[PATCH v2 1/3] powerpc/64: Align bytes before fall back to .Lshort in powerpc64 memcmp().

All of lore.kernel.org
 help / color / mirror / Atom feed

From: wei.guo.simon@gmail.com
To: linuxppc-dev@lists.ozlabs.org
Cc: Paul Mackerras <paulus@ozlabs.org>,
	Michael Ellerman <mpe@ellerman.id.au>,
	"Naveen N.  Rao" <naveen.n.rao@linux.vnet.ibm.com>,
	David Laight <David.Laight@ACULAB.COM>,
	Christophe LEROY <christophe.leroy@c-s.fr>,
	Simon Guo <wei.guo.simon@gmail.com>
Subject: [PATCH v2 1/3] powerpc/64: Align bytes before fall back to .Lshort in powerpc64 memcmp().
Date: Thu, 21 Sep 2017 07:34:38 +0800	[thread overview]
Message-ID: <1505950480-14830-2-git-send-email-wei.guo.simon@gmail.com> (raw)
In-Reply-To: <1505950480-14830-1-git-send-email-wei.guo.simon@gmail.com>

From: Simon Guo <wei.guo.simon@gmail.com>

Currently memcmp() 64bytes version in powerpc will fall back to .Lshort
(compare per byte mode) if either src or dst address is not 8 bytes
aligned. It can be opmitized if both addresses are with the same offset
with 8 bytes boundary.

memcmp() can compare the unaligned bytes within 8 bytes boundary firstly
and then compare the rest 8-bytes-aligned content with .Llong mode.

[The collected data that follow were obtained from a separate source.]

//! Reads JSON (RFC 8259) as a *tape*: the nodes of one document in preorder, in one list. Strings
//! are borrowed from the input, which is borrowed mutably, since they are decoded in place.
//!
//! [`to_tape`] returns the tape, or the first error with its kind, index and character:
//!
//! ```
//! fn first_len(rt: &impl AllocGlobal) -> simd_json::Result<usize> {
//!     let mut input = *b"[1,[2,3],4]";
//!     let tape = simd_json::to_tape(rt.alloc(), &mut input)?;
//!     Ok(tape.nodes().len())
//! }
//! ```
//!
//! [`Tape::as_value`] is the document as a [`Value`](tape::Value), with calls for each Rust type:
//!
//! ```
//! // What is at the key `the_answer`, where it is an integer that fits.
//! fn the_answer(rt: &impl AllocGlobal) -> simd_json::Result<Option<u64>> {
//!     let mut input = *br#"{"the_answer": 42}"#;
//!     let tape = simd_json::to_tape(rt.alloc(), &mut input)?;
//!     Ok(tape.as_value().get_u64("the_answer"))
//! }
//! ```
//!
//! # What to call
//!
//! | to | call |
//! |---|---|
//! | read one input | [`to_tape`] |
//! | keep the lists of a parse, or set a depth limit | [`to_tape_with_buffers`], [`Buffers`] |
//! | keep the tape too | [`fill_tape`] |
//! | read each input into the same memory | [`refill_tape`] |
//! | read an input that [`INPUT_PADDING`] bytes follow | [`fill_tape_padded`] |
//! | exclude `OutOfMemory` for inputs up to a size | [`reserve`], before the parses |
//! | make nodes of your own, without a tape | [`fill_spans`] with a [`SpanSink`] |
//! | keep them in a list | [`keep_spans`] with a [`SpanNode`] |
//! | look at values | [`Value`](tape::Value), [`Array`](tape::Array), [`Object`](tape::Object) |
//! | visit all values | [`Value::descendants`](tape::Value::descendants) |
//! | visit all arrays and objects | [`Value::containers`](tape::Value::containers) |
//! | follow a JSON Pointer (RFC 6901) | [`Value::pointer`](tape::Value::pointer), [`Pointer`] |
//! | step through the nodes | [`Deserializer`], [`Tape::nodes`] |
//! | print a value | [`encode`](tape::Value::encode), [`write`](tape::Value::write) |
//! | print it with a line for each member | [`encode_pp`](tape::Value::encode_pp), `write_pp` |
//! | quote and escape a string | [`append_quoted`], [`write_quoted`] |
//!
//! # Errors
//!
//! An [`Error`] has a kind ([`ErrorType`]), a byte offset and the byte there. A parse returns the
//! first error of this order:
//!
//! 1. Of the input as a whole, at index 0 without a character: `InsufficientPadding`,
//!    `InputTooLarge`, `InvalidUtf8`, `Syntax` (a string has no end or contains a byte below 0x20),
//!    `Eof` (only whitespace).
//! 2. The first token from the left that is not expected or is malformed. [`to_tape`] lists the
//!    kinds.
//!
//! If an allocation fails, `OutOfMemory` is returned: only for inputs of right size and encoding.
//! Views return `None`, or a [`TryTypeError`] with the expected kind and the value's.
//!
//! `simd_json_check` finds the line, the column and the reason of an error. Without a tape it also
//! checks that an input is a document.
//!
//! # Costs
//!
//! - A node has 48 bytes. [`reserve`] takes about 28 bytes for each byte of input, and 48 for each
//!   container that may be open. No parse gives up capacity.
//! - `len`, and a step of `iter`, `keys` or `values`, take constant time. `get` passes over the
//!   members before the one that it returns, each in one step: visit all members with an iterator.
//! - Views allocate nothing, except `encode` and `encode_pp`. `write` and `write_pp` take about 11
//!   bytes of stack for each open container.
//!
//! # What is proved
//!
//! Each function's promise is its contract. [`laws`] states what all entry points share: a parse in
//! which no allocation fails returns the result of the definitions, whatever the buffers held.
#![tactic(auto)]

mod buffers;
mod deserializer;
mod kept;
pub mod laws;
mod parse;
mod spans;
pub mod value;

pub use buffers::Buffers;
pub use deserializer::Deserializer;
pub use kept::{SpanNode, keep_spans};
pub use parse::{fill_tape, fill_tape_padded, refill_tape, reserve, to_tape, to_tape_with_buffers};
pub use simd_json_parts::error::{Error, ErrorType, Result};
pub use simd_json_parts::node::{Node, StaticNode, TryTypeError, ValueType};
pub use simd_json_print::document::{append_quoted, write_quoted};
pub use simd_json_stages::DEFAULT_MAX_DEPTH;
pub use simd_json_stages::stage2::{Container, SpanSink};
pub use spans::fill_spans;
pub use value::pointer::{Pointer, PointerError, PointerExpected};
pub use value::tape;
pub use value::tape::Tape;

/// How many bytes [`fill_tape_padded`] needs after its document.
pub const INPUT_PADDING: usize = 64;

This patch optmizes memcmp() behavior in this situation.

Test result:

(1) 256 bytes
Test with the existing tools/testing/selftests/powerpc/stringloops/memcmp:
- without patch
      50.996607479 seconds time elapsed                                          ( +- 0.01% )
- with patch
      28.033316997 seconds time elapsed                                          ( +- 0.01% )
		-> There is ~+81% percent improvement

(2) 32 bytes
To observe performance impact on < 32 bytes, modify
tools/testing/selftests/powerpc/stringloops/memcmp.c with following:
-------
 #include <string.h>
 #include "utils.h"

-#define SIZE 256
+#define SIZE 32
 #define ITERATIONS 10000

 int test_memcmp(const void *s1, const void *s2, size_t n);
--------

- Without patch
       0.392578831 seconds time elapsed                                          ( +- 0.05% )
- with patch
       0.358446662 seconds time elapsed                                          ( +- 0.04% )
		-> There is ～+9% improvement

(3) 0~8 bytes
To observe <8 bytes performance impact, modify
tools/testing/selftests/powerpc/stringloops/memcmp.c with following:
-------
 #include <string.h>
 #include "utils.h"

-#define SIZE 256
-#define ITERATIONS 10000
+#define SIZE 8
+#define ITERATIONS 1000000

 int test_memcmp(const void *s1, const void *s2, size_t n);
-------
- Without patch
       3.168752060 seconds time elapsed                                          ( +- 0.10% )
- With patch
       3.153030138 seconds time elapsed                                          ( +- 0.09% )
		-> They are nearly the same. (-0.4%)

Signed-off-by: Simon Guo <wei.guo.simon@gmail.com>
---
 arch/powerpc/lib/memcmp_64.S | 99 +++++++++++++++++++++++++++++++++++++++++---
 1 file changed, 93 insertions(+), 6 deletions(-)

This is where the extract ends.